Some readers are probably asking themselves what the point of the BeOS really is? I mean, let’s face it, there is no support for Apple’s latest machines, there is little software available, Apple is bringing many of the features of the BeOS into its forthcoming OS releases which will run current Mac applications, etc. Be states on the back of the box for the BeOS that it is a “Media OS” in the sense that it is the first OS ever designed from the ground up to deal with high-bandwidth multimedia demands. They are certainly correct in their statement. The BeOS has the greatest potential of any existing OS for multimedia applications and other high bandwidth and processor intensive tasks. If Adobe Premiere existed for the BeOS it would smoke like nothing else. But it doesn’t exist.
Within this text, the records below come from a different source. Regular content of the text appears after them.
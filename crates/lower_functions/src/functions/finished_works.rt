//! Works are done until none is left: a work is a piece, or the works that it consists of.
ghost use Rattle.std.specs.Prelude.{◌≡◌, ◌++◌, IfOk, map, reverse};
ghost use Rattle.lower_templates.specs.Worklist.Pieces.{piece_view, template_view};
ghost use Rattle.lower_templates.specs.Worklist.Works.{job};
ghost use Rattle.lower_templates.specs.Worklist.Plans.{plan};
ghost use Rattle.lower_templates.specs.Worklist.Settings.{setting};
ghost use Rattle.lower_functions.specs.Functions.Turns as spec;
ghost use Rattle.lower_functions.specs.Functions.Turns.{turned, going, Finishes};

use crate::statements::statement_works;
use lower_conditions::condition_works;
use lower_expressions::{address_works, term_works};
use lower_templates::worklist::{Builder, Piece, Setting, Template, Work};
use std::alloc::AllocError;

/// The pieces so far, the works that are still to be done, the next one last, and what was given away.
#[derive(Drop)]
pub struct Making<'a> {
    pub pieces: Vec<Piece>,
    pub stack: Vec<Work<'a>>,
    pub builder: Builder<'a>,
}

/// Puts works on the stack, the first one on top.
#[tactic(auto, using(crate::proofs::functions::Stacks::pushed))]
fn schedule<'a>(stack: &mut Vec<Work<'a>>, mut works: Vec<Work<'a>>) -> Result<(), AllocError>
    ensures { IfOk result (λ _. map job stack.new.items ≡ map job stack.old.items ++ reverse (map job works.entry.items)) }
{
    while let Some(work) = works.pop() {
        stack.push(work)?;
    }
    Ok(())
}

/// Does a work: adds its piece, or plans the works that it consists of.
fn turn<'a>(
    cx: &Setting<'a>,
    builder: &mut Builder<'a>,
    pieces: &mut Vec<Piece>,
    work: Work<'a>,
) -> Result<(), AllocError>
    ensures { IfOk result (λ _. turned (map piece_view pieces.new.items) (plan builder.new) ≡ spec.turn (setting cx.now) (job work.entry) (map piece_view pieces.old.items) (plan builder.old)) }
{
    match work {
        Work::Value(term, depth) => term_works(cx, builder, term, depth, true),
        Work::Unused(term, depth) => term_works(cx, builder, term, depth, false),
        Work::Address(lvalue, depth) => address_works(cx, builder, lvalue, depth),
        Work::Condition(term, decision) => condition_works(cx, builder, term, decision),
        Work::Statement(statement, around) => statement_works(cx, builder, statement, around),
        Work::Ready(piece) => Ok(pieces.push(piece)?),
    }
}

/// Puts the works that are planned on the stack.
#[tactic(auto, using(crate::proofs::functions::Stacks::on_top))]
fn schedule_plan(making: &mut Making) -> Result<(), AllocError>
    ensures { IfOk result (λ _. going making.new ≡ spec.scheduled (going making.old)) }
{
    let none = Vec::new(making.builder.alloc);
    let works = std::mem::replace(&mut making.builder.works, none);
    schedule(&mut making.stack, works)
}

/// Does the work on top of the stack, and plans what it consists of.
fn turn_top<'a>(cx: &Setting<'a>, making: &mut Making<'a>, work: Work<'a>) -> Result<(), AllocError>
    ensures { IfOk result (λ _. going making.new ≡ spec.turned_on (setting cx.now) (job work.entry) (going making.old)) }
{
    turn(cx, &mut making.builder, &mut making.pieces, work)?;
    schedule_plan(making)
}

/// Does the next work; whether there was one.
#[tactic(auto, using(crate::proofs::functions::Stacks::top))]
fn advance<'a>(cx: &Setting<'a>, making: &mut Making<'a>) -> Result<bool, AllocError>
    ensures after { IfOk result (λ _. going making.new ≡ spec.next (setting cx.now) (going making.old)) }
    ensures left { IfOk result (λ b. b ≡ spec.has_work (going making.old)) }
{
    match making.stack.pop() {
        Some(work) => {
            turn_top(cx, making, work)?;
            Ok(true)
        }
        None => Ok(false),
    }
}

/// The template that a function's first works come to.
#[tactic(auto, using(crate::proofs::functions::OneTemplate::after_next))]
pub fn finished<'a>(cx: &Setting<'a>, builder: Builder<'a>) -> Result<Template<'a>, AllocError>
    ensures { IfOk result (λ t. Finishes (setting cx.now) (plan builder.entry) (template_view t)) }
{
    let mut making = Making {
        pieces: Vec::new(builder.alloc),
        stack: Vec::new(builder.alloc),
        builder,
    };
    schedule_plan(&mut making)?;
    for _turn in 0..u64::MAX {
        if !advance(cx, &mut making)? {
            let Making {
                pieces,
                builder,
                ..
            } = making;
            return Ok(Template {
                pieces,
                names: builder.names,
                labels: builder.labels,
            });
        }
    }
    Err(AllocError)
}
It’s important to recognize that the BeOS is not intended specifically for the purpose of replacing the Mac OS. It can co-exist on a Mac, occupying a partition of an existing drive. It can even exist on a Jaz drive cartridge or other high capacity removable storage solution, although it certainly won’t run as quickly. Since the BeOS is also available for Intel machines, running the BeOS on a network of Macs and PCs might be the easiest solution to maintain cross compatibility. Many applications for the BeOS are available in both PowerPC and Intel versions, so cross compatibility is essentially a non-issue. As discussed earlier, the BeOS provides some very powerful networking capabilities at an extremely low price, and no investment in new hardware. Most important is this: the BeOS is available here and now. It’s the most sophisticated OS ever to run on Macintosh hardware out of the box.
Personally I simply appreciate progress of any kind on the Macintosh platform. The BeOS represents progress in its purest and most intense form...it’s a revolution for the PowerPC actually, the first modern operating system written and commercially released, native for the PowerPC. Purchasing and using the BeOS is just a way of reassuring myself that the PowerPC, particularly as it is implemented by Motorola and Apple, is truly the wave of the future, regardless of what operating system is used.
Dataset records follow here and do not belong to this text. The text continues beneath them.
//! The entry of a unit, and what is refused once all of the unit is typed (5.1.2.2.1 of ISO/IEC
//! 9899:2011 as narrowed by the profile).
ghost use Rattle.std.specs.Prelude.{◌≡◌, ◌<◌, length, map, Some, IfOk, IfSome};
ghost use Rattle.c_layout.specs.Types.{view};
ghost use Rattle.c_layout.specs.CheckedUnits.{local_view, function_view};
ghost use Rattle.c_types_rules.specs.CallCycles.CallCycles.{first_cycle};
ghost use Rattle.c_types_scopes.specs.Answers.{Gives};
ghost use Rattle.c_types.specs.Units.UnitEntries as spec;

use c_layout::{CType, Function, LocalObject};
use c_types_rules::call_cycles::CallGraph;
use c_types_scopes::refused;
use cc_base::{Place, Refusal, Stop};
use std::alloc::Global;

/// Whether a type is an integer's.
fn is_integer(t: &CType) -> bool
    ensures { result ≡ spec.is_integer (view t.now) }
{
    match t {
        CType::Int(_) => true,
        CType::Pointer(_) => false,
        CType::Array(_, _) => false,
        CType::Struct(_) => false,
        CType::Void => false,
    }
}

/// Whether an object is a parameter, since its number is below their count, and of another type.
fn is_other_parameter(object: &LocalObject, at: usize, count: usize) -> bool
    ensures { result ≡ spec.is_other_parameter at count (local_view object.now) }
{
    if at < count {
        !is_integer(&object.ctype)
    } else {
        false
    }
}

/// Whether each parameter, as many as there are, has an integer type.
#[tactic(auto, unfolding(crate::specs::Units::UnitEntries::integers_from))]
fn are_integers(objects: &[LocalObject], count: usize) -> bool
    ensures { result ≡ spec.integers_from 0 count (map local_view objects.now) }
{
    for at in 0..objects.len() {
        if is_other_parameter(&objects[at], at, count) {
            return false;
        }
    }
    true
}

/// Whether each parameter of a function has an integer type.
fn takes_integers(function: &Function) -> bool
    ensures { result ≡ spec.takes_integers (function_view function.now) }
{
    are_integers(function.locals.as_slice(), function.parameters as usize)
}

/// Whether a function has a name.
fn has_name(function: &Function, name: &str) -> bool
    ensures { result ≡ spec.has_name (function_view function.now) name.now }
{
    function.name.as_bytes() == name.as_bytes()
}

/// The number of a function, where it may be the entry.
fn entry_if(function: &Function, at: usize) -> Option<u32>
    ensures number { result ≡ spec.entry_if (function_view function.now) at }
    ensures same { IfSome result (λ n. n ≡ at) }
{
    if takes_integers(function) {
        u32::try_from(at).ok()
    } else {
        None
    }
}

/// The number of the entry, where it may be one.
#[tactic(auto, unfolding(crate::specs::Units::UnitEntries::entry_from))]
fn entry_number(functions: &[Function], entry: &str) -> Option<u32>
    ensures number { result ≡ spec.entry_number (map function_view functions.now) entry.now }
    ensures within { IfSome result (λ n. n < length functions.now) }
{
    for at in 0..functions.len() {
        let function = &functions[at];
        if has_name(function, entry) {
            return entry_if(function, at);
        }
    }
    None
}

/// The unit's first place.
fn first_place() -> Place
    ensures { result ≡ spec.first_place }
{
    Place {
        file: 0,
        line: 1,
        col: 1,
    }
}

/// The entry where no call closes a cycle, or the refusal of the first call that does.
fn judged_calls(alloc: Global, calls: &CallGraph, count: usize, entry: u32) -> Result<u32, Stop>
    ensures judged { Gives (λ n. n) (spec.judged_calls entry (first_cycle calls.now)) result }
    ensures same { IfOk result (λ n. n ≡ entry) }
{
    match calls.first_cycle(alloc, count)? {
        Some(place) => Err(refused(place, Refusal::Recursion)),
        None => Ok(entry),
    }
}

/// The number of the entry, after the refusals that need the whole unit.
pub fn judged_unit(
    alloc: Global,
    calls: &CallGraph,
    functions: &[Function],
    entry: &str,
) -> Result<u32, Stop>
    ensures judged { Gives (λ n. n) (spec.judged (map function_view functions.now) entry.now calls.now) result }
    ensures within { IfOk result (λ n. n < length functions.now) }
    ensures chosen { IfOk result (λ n. spec.entry_number (map function_view functions.now) entry.now ≡ Some n) }
{
    match entry_number(functions, entry) {
        Some(number) => judged_calls(alloc, calls, functions.len(), number),
        None => Err(refused(first_place(), Refusal::NoEntry)),
    }
}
My conclusion? The BeOS is an impressive operating system with enormous potential. What it really needs now is serious support from software developers. In the mean time, with Rhapsody and Mac OS 8.5 and X on the way, an investment in the BeOS, while a small investment, is certainly a questionable one. Regardless, sitting down and witnessing the BeOS is something no Mac user should ever pass up.